**DATA FOR PROCESSING:**
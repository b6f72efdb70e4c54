//! Which opening a client sends for which sizes, and how it takes the answers to a large one.

use enip_client::{Client, ClientFault, Heard, Wants};
use std::alloc::Global;
use std::process::Abort;
use std::test::Fail;
use test_fixtures::client::{REGISTERED, WANTS, hear, joined};

/// The O->T and T->O sizes, and the opening that has them: its service, and its bytes from the multiplier to the
/// transport.
static SIZES: [(u16, u16, u8, &[u8]); 6] = [
    (
        4,
        10,
        0x54,
        b"\0\0\0\0\x80\x84\x1e\0\x04\x42\x80\x84\x1e\0\x0a\x42\xa3",
    ),
    (
        511,
        511,
        0x54,
        b"\0\0\0\0\x80\x84\x1e\0\xff\x43\x80\x84\x1e\0\xff\x43\xa3",
    ),
    (
        512,
        500,
        0x5b,
        b"\0\0\0\0\x80\x84\x1e\0\0\x02\0\x42\x80\x84\x1e\0\xf4\x01\0\x42\xa3",
    ),
    (
        500,
        512,
        0x5b,
        b"\0\0\0\0\x80\x84\x1e\0\xf4\x01\0\x42\x80\x84\x1e\0\0\x02\0\x42\xa3",
    ),
    (
        4,
        4_002,
        0x5b,
        b"\0\0\0\0\x80\x84\x1e\0\x04\0\0\x42\x80\x84\x1e\0\xa2\x0f\0\x42\xa3",
    ),
    (
        4_002,
        4_002,
        0x5b,
        b"\0\0\0\0\x80\x84\x1e\0\xa2\x0f\0\x42\x80\x84\x1e\0\xa2\x0f\0\x42\xa3",
    ),
];

/// The bytes of an opening between its service and its multiplier.
const NAMED: &[u8] =
    b"\x02\x20\x06\x24\x01\x0a\x0e\0\0\0\0\x44\x33\x22\x11\x01\0\x42\0\x78\x56\x34\x12";

/// The path of the message router, with its size in words.
const ROUTER: &[u8] = b"\x02\x20\x02\x24\x01";

/// The bytes of a SendRRData frame in session 1 with context 2, before and after the first length, up to the second
/// one.
const COMMAND: &[u8] = b"\x6f\0";

const BEHIND_LENGTH: &[u8] = b"\x01\0\0\0\0\0\0\0\x02\0\0\0\0\0\0\0\0\0\0\0\
    \0\0\0\0\0\0\x02\0\0\0\0\0\xb2\0";

/// A frame with this message.
fn frame(alloc: Global, message: &[u8]) -> Result<Vec<u8>, Fail> {
    let length = u16::try_from(message.len()).ok().ok_or("a message")?;
    let whole = length.saturating_add(16).to_le_bytes();
    let texts: [&[u8]; 5] = [
        COMMAND,
        &whole,
        BEHIND_LENGTH,
        &length.to_le_bytes(),
        message,
    ];
    joined(alloc, &texts)
}

/// A frame with the opening with this service and these parameters.
fn opening(alloc: Global, service: u8, parameters: &[u8]) -> Result<Vec<u8>, Fail> {
    let texts: [&[u8]; 4] = [&[service], NAMED, parameters, ROUTER];
    let message = joined(alloc, &texts)?;
    frame(alloc, &message)
}

/// A registered client that wants these sizes.
fn registered<A: Abort>(
    rt: &A,
    alloc: Global,
    o_to_t_size: u16,
    t_to_o_size: u16,
) -> Result<Client, Fail> {
    assert!(rt; 4 <= o_to_t_size && o_to_t_size <= 4_002);
    assert!(rt; 10 <= t_to_o_size && t_to_o_size <= 4_002);
    let wants = Wants {
        o_to_t_size,
        t_to_o_size,
        ..WANTS
    };
    let Ok(mut client) = Client::new(alloc, &wants) else {
        return Err(Fail::from("the client is not made"));
    };
    let _ = client.register();
    let _ = hear(&mut client, REGISTERED);
    Ok(client)
}

#[test]
fn openings_by_size(rt: HostRuntime) -> Result<(), Fail> {
    for (o_to_t, t_to_o, service, parameters) in &SIZES {
        let wanted = opening(rt.alloc(), *service, parameters)?;
        let mut client = registered(&rt, rt.alloc(), *o_to_t, *t_to_o)?;
        assert_eq!(rt; client.open(), Ok(wanted.as_slice()));
    }
    Ok(())
}

/// Answers to a large opening: success; status 8, which is reported, and the client does not try again; an extended
/// status. The reply to a small opening is malformed, and so is one that is too short.
static ANSWERS: [(&[u8], Heard<'static>, Option<ClientFault>); 5] = [
    (
        b"\xdb\0\0\0\x01\0\0\0\x44\x33\x22\x11\x01\0\x42\0\x78\x56\x34\x12\x80\x84\x1e\0\x80\x84\x1e\0\0\0",
        Heard::Opened,
        None,
    ),
    (b"\xdb\0\x08\0", Heard::Refused(8, 0), None),
    (
        b"\xdb\0\x01\x01\x09\x01\x01\0\x42\0\x78\x56\x34\x12\0\0",
        Heard::Refused(1, 0x0109),
        None,
    ),
    (
        b"\xd4\0\0\0\x01\0\0\0\x44\x33\x22\x11\x01\0\x42\0\x78\x56\x34\x12\x80\x84\x1e\0\x80\x84\x1e\0\0\0",
        Heard::Nothing,
        Some(ClientFault::Malformed),
    ),
    (
        b"\xdb\0\0\0\x01\0\0\0",
        Heard::Nothing,
        Some(ClientFault::Malformed),
    ),
];

#[test]
fn answers_to_a_large_opening(rt: HostRuntime) -> Result<(), Fail> {
    for (reply, heard, fault) in &ANSWERS {
        let answer = frame(rt.alloc(), reply)?;
        let mut client = registered(&rt, rt.alloc(), 4_002, 4_002)?;
        let _ = client.open();
        assert_eq!(rt; client.feed(answer.as_slice()).heard, *heard);
        assert_eq!(rt; client.fault(), *fault);
        assert_eq!(rt; client.stage().is_some(), *heard == Heard::Opened);
    }
    Ok(())
}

**WHAT TO WORK ON:** Please reproduce the lines from the line with "to the second" to the line with "const BEHIND_LENGTH: &[u8]", both ends included, exactly as they appear above.

**ANSWER SPACE:**
/// The bytes of a SendRRData frame in session 1 with context 2, before and after the first length, up to the second
/// one.
const COMMAND: &[u8] = b"\x6f\0";

const BEHIND_LENGTH: &[u8] = b"\x01\0\0\0\0\0\0\0\x02\0\0\0\0\0\0\0\0\0\0\0\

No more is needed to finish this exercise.